In Central America, the Dominican Republic and the Caribbean, Fox Business is carried by Central American, Dominican and Caribbean TV operators. In Costa Rica, Fox Business is available for streaming on the Fox News International mobile application and the channel is carried by Costa Rican TV operators.

In Mexico, Fox Business is available for streaming on the Fox News International mobile application and the channel is carried by Mexican TV operators.

In Colombia, Fox Business is carried by Colombian TV operators.

In Venezuela, Fox Business is carried by Venezuelan TV operators.

In Italy, Fox Business is carried by Sky Italia.

In Ecuador, Fox Business is carried by Ecuadorian TV operators.

In Peru, Fox Business is carried by Peruvian TV operators.

In Chile, Fox Business is available for streaming on the Fox News International moblie application and the channel is carried by Chilean TV operators.

In Brazil, Fox Business is carried by Brazilian TV operators.

In Spain, Fox Business is available for streaming on the Fox News International mobile application and the channel is carried by other Spanish TV operators.

In the United Kingdom, Fox Business is available for streaming on the Fox News International mobile application.

===Dispute with Spectrum===
In 2018, Fox Business Network decided to remove FBN and FNC from the Spectrum cable network, with both channels subsequently removed on May 1, 2018. However, both channels returned to Spectrum on May 10, 2018.

==High definition==
The high-definition simulcast of Fox Business Network is broadcast in 720p. Programming shown on this feed was originally produced in high-definition, but was cropped to a 4:3 image and pushed to the left side of the screen, with the extra room used for additional content, such as statistics and charts, and a wider ticker with more room; the information sidebar was named "The Fox HD Wing" (competitor channel CNBC HD used the enhanced HD format until October 13, 2014, when it was discontinued altogether).

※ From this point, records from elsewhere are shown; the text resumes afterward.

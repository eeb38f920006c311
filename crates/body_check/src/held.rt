//! Later lists that a body has passed.

ghost use Rattle.std.specs.Prelude.{◌≡◌, ◌↔◌, IsTrue};
ghost use Rattle.std.specs.BTreeMap.{values};
ghost use Rattle.body_check.specs.Turns.{PassesTo};

use crate::same::same_obj;
use kube_meta::Row;
use rev_log::Rows;
use watch_record::LaterList;

/// The later lists that a walk hasn't passed yet; or the place of the first that isn't what stood at its revision.
#[derive(Clone, Copy)]
pub enum Held<'a> {
    /// These are left.
    Left(&'a [LaterList]),
    /// This one is another.
    Bad(u64),
}

/// Passes the lists below a revision, where these rows stand up to it.
pub(crate) fn pass<'a>(left: &'a [LaterList], rows: &Rows, below: u64) -> Held<'a>
    ensures { PassesTo (values rows.now) below left.now result }
{
    for (n, list) in left.iter().enumerate() {
        if below <= list.at {
            return Held::Left(&left[n..]);
        }
        if !are_all(&list.rows, rows) {
            return Held::Bad(list.place);
        }
    }
    Held::Left(&left[left.len()..])
}

// Whether the rows of a list are exactly those that stand, in the order of their keys.
fn are_all(list: &[Row], rows: &Rows) -> bool
    ensures { IsTrue result ↔ (list.now ≡ values rows.now) }
{
    let mut left = list;
    for stands in rows.values() {
        let [first, more @ ..] = left else {
            return false;
        };
        if !same_row(first, stands) {
            return false;
        }
        left = more;
    }
    left.is_empty()
}

// Whether two rows are the same.
fn same_row(a: &Row, b: &Row) -> bool
    ensures { IsTrue result ↔ (a.now ≡ b.now) }
{
    a.rev == b.rev && same_obj(&a.obj, &b.obj)
}
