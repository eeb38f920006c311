//! Lists of rows, and what may lie between two of one log.

ghost use Rattle.std.specs.Prelude.{◌≤◌, ◌^◌, All, IfOk, []};
ghost use Rattle.kube_meta.specs.Rows.{AreRising};
ghost use Rattle.body_check.specs.Heard.{AreOnward, ComesAfter, IsBridged, IsFirstAgainst, MayBegin};

use crate::stand::may_stand;
use kube_meta::{Memory, Resource, Row};
use mirror_log::{BridgeNo, bridge};
use select_all::Selection;
use std::alloc::Global;
use watch_record::LaterList;

/// Whether some log has a list at its revision. Pods may have stood at the log's first revision, and others were all
/// written since.
pub(crate) fn may_begin(
    alloc: Global,
    selection: &Selection,
    rows: &[Row],
    from: u64,
) -> Result<bool, Memory>
    requires { from ≤ 2 ^ 62 }
    ensures { IfOk result (MayBegin selection.now from rows.now) }
{
    if !may_stand(selection, rows, from) {
        return Ok(false);
    }
    match selection.resource {
        Resource::Pods => Ok(true),
        Resource::ConfigMaps | Resource::Deployments => may_follow(alloc, 0, &[], from, rows),
    }
}

// Whether there are revisions that lead from old rows at a revision to the rows at a later one.
fn may_follow(alloc: Global, from: u64, old: &[Row], at: u64, rows: &[Row]) -> Result<bool, Memory>
    requires onward { from ≤ at }
    requires last { at ≤ 2 ^ 62 }
    requires old_rising { AreRising old.now }
    requires rising { AreRising rows.now }
    requires within { All (λ row. row.rev ≤ at) rows.now }
    ensures { IfOk result (IsBridged from old.now at rows.now) }
{
    match bridge(alloc, Resource::Pods, from, old, at, rows) {
        Ok(_) => Ok(true),
        Err(BridgeNo::OtherLog) => Ok(false),
        Err(BridgeNo::Memory) => Err(Memory),
    }
}

// Whether a list may follow what stood at a revision.
fn may_come(
    alloc: Global,
    selection: &Selection,
    from: u64,
    old: &[Row],
    list: &LaterList,
) -> Result<bool, Memory>
    requires onward { from ≤ list.now.at }
    requires last { list.now.at ≤ 2 ^ 62 }
    requires old_rising { AreRising old.now }
    ensures { IfOk result (ComesAfter selection.now from old.now list.now) }
{
    if may_stand(selection, &list.rows, list.at) {
        may_follow(alloc, from, old, list.at, &list.rows)
    } else {
        Ok(false)
    }
}

/// The place of the first list that can't follow what stands at a revision and the lists before it, if there is one.
pub(crate) fn first_bad(
    alloc: Global,
    selection: &Selection,
    from: u64,
    rows: &[Row],
    left: &[LaterList],
) -> Result<Option<u64>, Memory>
    requires onward { AreOnward from left.now }
    requires rising { AreRising rows.now }
    ensures { IfOk result (IsFirstAgainst selection.now from rows.now left.now) }
{
    let mut old = rows;
    let mut stands = from;
    for list in left {
        if !may_come(alloc, selection, stands, old, list)? {
            return Ok(Some(list.place));
        }
        old = &list.rows;
        stands = list.at;
    }
    Ok(None)
}
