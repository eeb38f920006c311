//! The lines behind an opening, one after the other.

ghost use Rattle.std.specs.Prelude.{◌≡◌, ◌≤◌, ◌↔◌, ◌==◌, IsTrue, nat_le, if◌then◌else◌};
ghost use Rattle.rev_log.specs.Logs.{end_of as log_end};
ghost use Rattle.body_check.specs.Courses.{course_of};
ghost use Rattle.body_check.specs.Judging.{record_log};
ghost use Rattle.body_check.specs.Findings.{IsFound};
ghost use Rattle.body_check.specs.Losses.{is_lost as is_lost_by};
ghost use Rattle.body_check.specs.Reading.{IsUnderWay, Reads, highest};
ghost use Rattle.body_check.specs.Steps.{IsOneWith, IsStepOf, LosesAt, MarksAt};

use crate::Found;
use crate::losses::is_lost;
use crate::moves::Move;
use kube_meta::Text;
use watch_lines::{bookmark_in, loss_in, tells};
use watch_record::Record;

/// What a line is.
#[derive(Clone, Copy, Debug)]
pub enum Step<'a> {
    /// It goes on: these moves come then, and the position is at least this one.
    On(&'a [Move], u64),
    /// It is a loss at this position.
    End(u64),
    /// It isn't lawful.
    Bad,
}

/// What lines behind an opening are.
pub(crate) fn follow(case: &Record, at: u64, rest: &[Move], lines: &[Text]) -> Found
    requires { IsUnderWay (course_of case.now at) rest.now at }
    ensures { IsFound (Reads (course_of case.now at) rest.now at) lines.now result }
{
    let mut untold = rest;
    let mut low = at;
    for (n, line) in lines.iter().enumerate() {
        match read_line(case, at, untold, low, line) {
            Step::On(more, next) => {
                untold = more;
                low = next;
            }
            Step::End(position) => return ended(position, n + 1, lines.len()),
            Step::Bad => return Found::Broken(n),
        }
    }
    passed(low, highest_at(case, at, untold), lines.len())
}

// What is found at a loss behind which n of all lines have been read.
fn ended(position: u64, n: usize, all: usize) -> Found
    ensures { result ≡ (if n == all then Found.Reached position else Found.Broken n) }
{
    if n == all {
        Found::Reached(position)
    } else {
        Found::Broken(n)
    }
}

// What is found behind the n lines that there are, from the least position on and up to the greatest.
fn passed(low: u64, high: u64, n: usize) -> Found
    ensures { result ≡ (if nat_le low high then Found.Reached low else Found.Broken n) }
{
    if low <= high {
        Found::Reached(low)
    } else {
        Found::Broken(n)
    }
}

// The greatest position at which these moves are still untold.
fn highest_at(case: &Record, at: u64, untold: &[Move]) -> u64
    ensures { result ≡ highest (course_of case.now at) untold.now }
{
    match untold {
        [first, ..] => first.rev.saturating_sub(1),
        [] => at.max(end_of(case)),
    }
}

// The last revision of the log.
fn end_of(case: &Record) -> u64
    ensures { result ≡ log_end (record_log case.now) }
{
    case.first + case.log.len() as u64
}

// What a line is, where these moves are still untold and the position is at least `low`.
fn read_line<'a>(case: &Record, at: u64, untold: &'a [Move], low: u64, line: &Text) -> Step<'a>
    requires { IsUnderWay (course_of case.now at) untold.now low }
    ensures { IsStepOf (course_of case.now at) untold.now low line.now result }
{
    if let [first, more @ ..] = untold {
        if tells(line.as_str().as_bytes(), first.kind, &first.obj, first.rev) {
            return Step::On(more, first.rev);
        }
    }
    let high = highest_at(case, at, untold);
    if let Some(position) = mark_at(case, line, low, high) {
        return Step::On(untold, position);
    }
    match loss_at(case, line, low, high) {
        Some(position) => Step::End(position),
        None => Step::Bad,
    }
}

// The revision of the bookmark that a line is, where one may stand.
fn mark_at(case: &Record, line: &Text, low: u64, high: u64) -> Option<u64>
    ensures { IsOneWith (MarksAt case.now low high line.now) result }
{
    if !case.ask.bookmarks {
        return None;
    }
    let resource = case.ask.selection.resource;
    let Some(at) = bookmark_in(line.as_str().as_bytes(), resource, false) else {
        return None;
    };
    if is_from(at, low, high) {
        up_to(at, end_of(case))
    } else {
        None
    }
}

// The position of the loss that a line is, where the log bears one out.
fn loss_at(case: &Record, line: &Text, low: u64, high: u64) -> Option<u64>
    ensures { IsOneWith (LosesAt case.now low high line.now) result }
{
    let Some((at, floor)) = loss_in(line.as_str().as_bytes()) else {
        return None;
    };
    if is_from(at, low, high) {
        borne_out(case, at, floor)
    } else {
        None
    }
}

// The number, if it is at most another.
fn up_to(at: u64, end: u64) -> Option<u64>
    ensures { result ≡ (if nat_le at end then Some at else None) }
{
    if at <= end { Some(at) } else { None }
}

// Whether a number is at least the first and at most the second.
fn is_from(at: u64, low: u64, high: u64) -> bool
    ensures { IsTrue result ↔ (low ≤ at) × (at ≤ high) }
{
    low <= at && at <= high
}

// The position of a loss, if the log bears it out.
fn borne_out(case: &Record, at: u64, floor: u64) -> Option<u64>
    ensures { result ≡ (if is_lost_by (record_log case.now) case.now.floor case.now.window case.now.ask.selection.resource at floor then Some at else None) }
{
    let resource = case.ask.selection.resource;
    if is_lost(
        &case.log,
        case.first,
        case.floor,
        case.window,
        resource,
        at,
        floor,
    ) {
        Some(at)
    } else {
        None
    }
}
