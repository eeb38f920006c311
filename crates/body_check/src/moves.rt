//! What a log tells a selection: its transitions, in order.

ghost use Rattle.std.specs.Prelude.{◌≡◌, ◌++◌, IfOk, OnOk, None, filter_map, option_copied, option_map};
ghost use Rattle.std.specs.BTreeMap.{get};
ghost use Rattle.std.specs.Cmp.Lexicographic.{slice_cmp};
ghost use Rattle.std.specs.Ordering.{nat_cmp};
ghost use Rattle.select_all.specs.Selecting.{selects};
ghost use Rattle.select_all.specs.Streams.{events_from, object_of, transition_by};
ghost use Rattle.body_check.specs.Moves.{drop_upto, told_change};

use kube_meta::{Key, Memory, Obj};
use rev_log::{Change, Revision, Rows, make_changes};
use select_all::{Kind, Selection};
use std::alloc::Global;
use std::collections::BTreeMap;
use std::marker::Model;
use std::sync::Arc;

/// What is told of a change: its kind, an object, and the revision of the change. Contracts see the object in place of
/// the shared pointer to it.
#[derive(Debug, Drop)]
pub struct Move {
    pub kind: Kind,
    pub obj: Arc<Obj>,
    pub rev: u64,
}

impl Model for Move {
    ghost use Rattle.select_all.specs.Streams.{TransitionData};

    ghost Value = { TransitionData };

    ghost view = { λ m. record { kind = m.kind; obj = m.obj.value; rev = m.rev } };
}

/// The transitions of a log without base rows.
pub(crate) fn moves_of(
    alloc: Global,
    log: &[Revision],
    selection: &Selection,
) -> Result<Vec<Move>, Memory>
    ensures { IfOk result (λ moves. moves.items
        ≡ filter_map (transition_by (selects selection.now)) (events_from selection.now.resource (λ key. None) log.now)) }
{
    let mut moves = Vec::new(alloc);
    let mut rows = BTreeMap::new(alloc);
    for revision in log {
        add_moves(
            selection,
            &rows,
            revision.rev,
            &revision.changes,
            &mut moves,
        )?;
        make_changes(&mut rows, revision, selection.resource)?;
    }
    Ok(moves)
}

// Adds the transitions of a revision's changes, where these rows stood before.
fn add_moves(
    selection: &Selection,
    rows: &Rows,
    rev: u64,
    changes: &[Change],
    moves: &mut Vec<Move>,
) -> Result<(), Memory>
    ensures { OnOk result (moves.new.items
        ≡ moves.old.items ++ filter_map (told_change selection.now (get (slice_cmp nat_cmp) rows.now) rev) changes.now) }
{
    for change in changes {
        if let Some(told) = move_of(selection, rows, rev, change)? {
            moves.push(told)?;
        }
    }
    Ok(())
}

// What a change is to the selection, where these rows stood before.
fn move_of(
    selection: &Selection,
    rows: &Rows,
    rev: u64,
    change: &Change,
) -> Result<Option<Move>, Memory>
    ensures { IfOk result (λ told. told ≡ told_change selection.now (get (slice_cmp nat_cmp) rows.now) rev change.now) }
{
    if !change.is_of(selection.resource) {
        return Ok(None);
    }
    let before = object_at(rows, &change.key);
    let now = change.new.as_ref();
    let Some(kind) = selection.passes(lent(before), lent(now)) else {
        return Ok(None);
    };
    match kind.told(before, now) {
        Some(obj) => {
            let obj = obj.clone()?;
            Ok(Some(Move { kind, obj, rev }))
        }
        None => Ok(None),
    }
}

// The object at a key.
fn object_at<'a>(rows: &'a Rows, key: &Key) -> Option<&'a Arc<Obj>>
    ensures { option_map (λ obj. obj.now.value) result ≡ object_of (get (slice_cmp nat_cmp) rows.now key.now) }
{
    match rows.get(key) {
        Some(row) => Some(&row.obj),
        None => None,
    }
}

// The object behind a shared pointer, lent.
fn lent(obj: Option<&Arc<Obj>>) -> Option<&Obj>
    ensures { option_copied result ≡ option_map (λ o. o.now.value) obj.entry }
{
    match obj {
        Some(obj) => Some(obj),
        None => None,
    }
}

/// The moves behind the first ones that are at most at a revision.
pub(crate) fn above(moves: &[Move], at: u64) -> &[Move]
    ensures { result.now ≡ drop_upto at moves.now }
{
    for (n, told) in moves.iter().enumerate() {
        if told.rev > at {
            return &moves[n..];
        }
    }
    &moves[moves.len()..]
}
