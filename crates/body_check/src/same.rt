//! Whether two objects are the same.

ghost use Rattle.std.specs.Prelude.{◌≡◌, ◌↔◌, IsTrue};

use kube_meta::{Fields, Labels, Obj};

/// Whether two objects are the same, to the byte.
pub(crate) fn same_obj(a: &Obj, b: &Obj) -> bool
    ensures { IsTrue result ↔ (a.now ≡ b.now) }
{
    if a.key != b.key || a.front != b.front || a.back != b.back {
        return false;
    }
    if !same_labels(&a.labels, &b.labels) || !same_fields(&a.fields, &b.fields) {
        return false;
    }
    a.meta_from == b.meta_from && a.meta_to == b.meta_to
}

// Whether the labels are the same.
fn same_labels(a: &Labels, b: &Labels) -> bool
    ensures { IsTrue result ↔ (a.now ≡ b.now) }
{
    a.pairs() == b.pairs()
}

// Whether the values of the fields are the same.
fn same_fields(a: &Fields, b: &Fields) -> bool
    ensures { IsTrue result ↔ (a.now ≡ b.now) }
{
    if a.len() != b.len() {
        return false;
    }
    for i in 0..a.len() {
        if a.get(i) != b.get(i) {
            return false;
        }
    }
    true
}
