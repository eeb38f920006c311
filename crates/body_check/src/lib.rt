//! The judges of recorded watch bodies: whether the lines of a record are those of a lawful body of its watch over its
//! log; and, where the log isn't known, whether there is one of which all that is known is true.
#![tactic(auto)]

mod following;
mod found;
mod held;
mod judging;
mod lists;
mod losses;
mod moves;
mod openings;
mod same;
mod spans;
mod stand;
mod turns;
mod verdict;
mod walk;

pub(crate) use found::Found;
pub use judging::{Checked, check, judgements_are_one};
pub use lists::{check_lists, list_judgements_are_one};
pub use verdict::Verdict;
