//! Which refusal of a part is which of the whole.

ghost use Rattle.std.specs.Prelude.{◌≡◌, Option, Result};
ghost use Rattle.cluster_link.specs.Refusals as refusals;

use crate::{ClusterNo, Heard};
use line_stream::{AskNo, LineNo};
use mirror_log::{MirrorNo, RebaseNo, TakeNo};

/// Why something wasn't asked for.
pub(crate) fn request_refusal(fault: AskNo) -> ClusterNo
    ensures { result ≡ refusals.request_refusal fault }
{
    match fault {
        AskNo::WriteFault => ClusterNo::WriteFault,
        AskNo::Memory => ClusterNo::Memory,
    }
}

/// Why there is no reply, or no line of a stream.
pub(crate) fn reply_refusal(fault: LineNo) -> ClusterNo
    ensures { result ≡ refusals.reply_refusal fault }
{
    match fault {
        LineNo::BadHead | LineNo::BadChunk => ClusterNo::BadReply,
        LineNo::Refused { code } => ClusterNo::Refused { code },
        LineNo::Overlong | LineNo::Spent => ClusterNo::TooLong,
        LineNo::CutShort | LineNo::Unfinished => ClusterNo::CutShort,
        LineNo::ReadFault => ClusterNo::ReadFault,
        LineNo::Memory => ClusterNo::Memory,
    }
}

// Why a line isn't taken.
fn take_refusal(why: TakeNo) -> ClusterNo
    ensures { result ≡ refusals.take_refusal why }
{
    match why {
        TakeNo::BadLine => ClusterNo::BadLine,
        TakeNo::Order { last, got } => ClusterNo::Order { last, got },
        TakeNo::Gap { .. } => ClusterNo::BadLine,
    }
}

/// Why a line isn't heard by a mirror's log, which ends at `to`.
pub(crate) fn log_refusal(to: u64, why: MirrorNo) -> ClusterNo
    ensures { result ≡ refusals.log_refusal to why }
{
    match why {
        MirrorNo::Refused(why) => take_refusal(why),
        MirrorNo::Passed { at } => ClusterNo::Passed { to, at },
        MirrorNo::Memory => ClusterNo::Memory,
    }
}

/// Why a mirror's log, which ends at `to`, isn't taken to a list at `at`.
pub(crate) fn anew_refusal(to: u64, at: u64, why: RebaseNo) -> ClusterNo
    ensures { result ≡ refusals.anew_refusal to at why }
{
    match why {
        RebaseNo::Behind { .. } => ClusterNo::Behind { to, at },
        RebaseNo::OtherLog => ClusterNo::OtherLog,
        RebaseNo::Passed { at } => ClusterNo::Passed { to, at },
        RebaseNo::Memory => ClusterNo::Memory,
    }
}

/// The answer that is given again after this one, if any.
pub(crate) fn standing_answer(answer: Result<Heard, ClusterNo>) -> Option<Result<Heard, ClusterNo>>
    ensures { result ≡ refusals.standing_answer answer }
{
    match answer {
        Ok(Heard::Line { .. }) => None,
        Ok(Heard::Ended { to }) => Some(Ok(Heard::Ended { to })),
        Err(why) => Some(Err(why)),
    }
}

/// The answer that stands once a mirror has asked for its stream.
pub(crate) fn resumed_answer(asked: Result<(), ClusterNo>) -> Option<Result<Heard, ClusterNo>>
    ensures { result ≡ refusals.resumed_answer asked }
{
    match asked {
        Ok(()) => None,
        Err(why) => Some(Err(why)),
    }
}
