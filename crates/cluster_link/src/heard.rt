//! What a mirror of a cluster hears.

/// What a mirror heard of its cluster. It has committed all revisions up to `to`.
#[derive(Clone, Copy, Debug, PartialEq, Eq)]
pub enum Heard {
    /// A line.
    Line { to: u64 },
    /// The end of the stream, behind whole lines; or that none was asked for yet.
    Ended { to: u64 },
}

The sidebar graphic was dropped as a result of the network's switch to a 16:9 letterboxed format on September 17, 2012, ending the enhanced HD format altogether. The enhanced ticker and headlines, which were previously seen in the old sidebar graphic, were moved to the lower-third of the screen. Both the SD and HD feeds now use the same exact 16:9 letterbox format, just like its other Fox-owned sister networks.

==The Fox 50==
The Fox 50 is an industrial index of large companies that is used by FBN; it consists primarily of "the largest U.S. companies that make the products you know and use every day." The index includes:

| * 3M * Amazon.com * American Express * Apple Inc. * AT&T * Bank of America * Best Buy * Boeing * Chevron * Citigroup | * Coca-Cola * Colgate-Palmolive * Comcast * Costco * Deere * Dell * DuPont * eBay * ExxonMobil * FedEx | * Ford * General Electric * General Mills * Google * Hewlett-Packard * Home Depot * IBM * Intel * Johnson & Johnson * JPMorgan | * Kraft Foods * McDonald's * Merck * Microsoft * Nike * PepsiCo * Pfizer * Procter & Gamble * Prudential Financial * Starbucks | * Target * United Parcel Service * UnitedHealth Group * Verizon * ViacomCBS * Walmart * The Walt Disney Company * WarnerMedia * Wells Fargo * Yum! Brands |

Anheuser-Busch and Merrill Lynch were included in the original index, but each was acquired by other companies in 2008. They were replaced by Wells Fargo and HP. In March 2011, CBS Corporation, Charles Schwab Corporation, Lowe's, Sprint Nextel, and Yahoo! were removed, and replaced by DuPont, Ford, JPMorgan, Pfizer, and UnitedHealth Group.
This index is not available to purchase in the form of an index fund or ETF. The fund received criticism from some financial bloggers for putting together an index with so many competing brands (such as FedEx and UPS; McDonald's and Yum! Brands; WalMart, Target and Costco; Apple, Dell and Microsoft; and Coca-Cola and PepsiCo).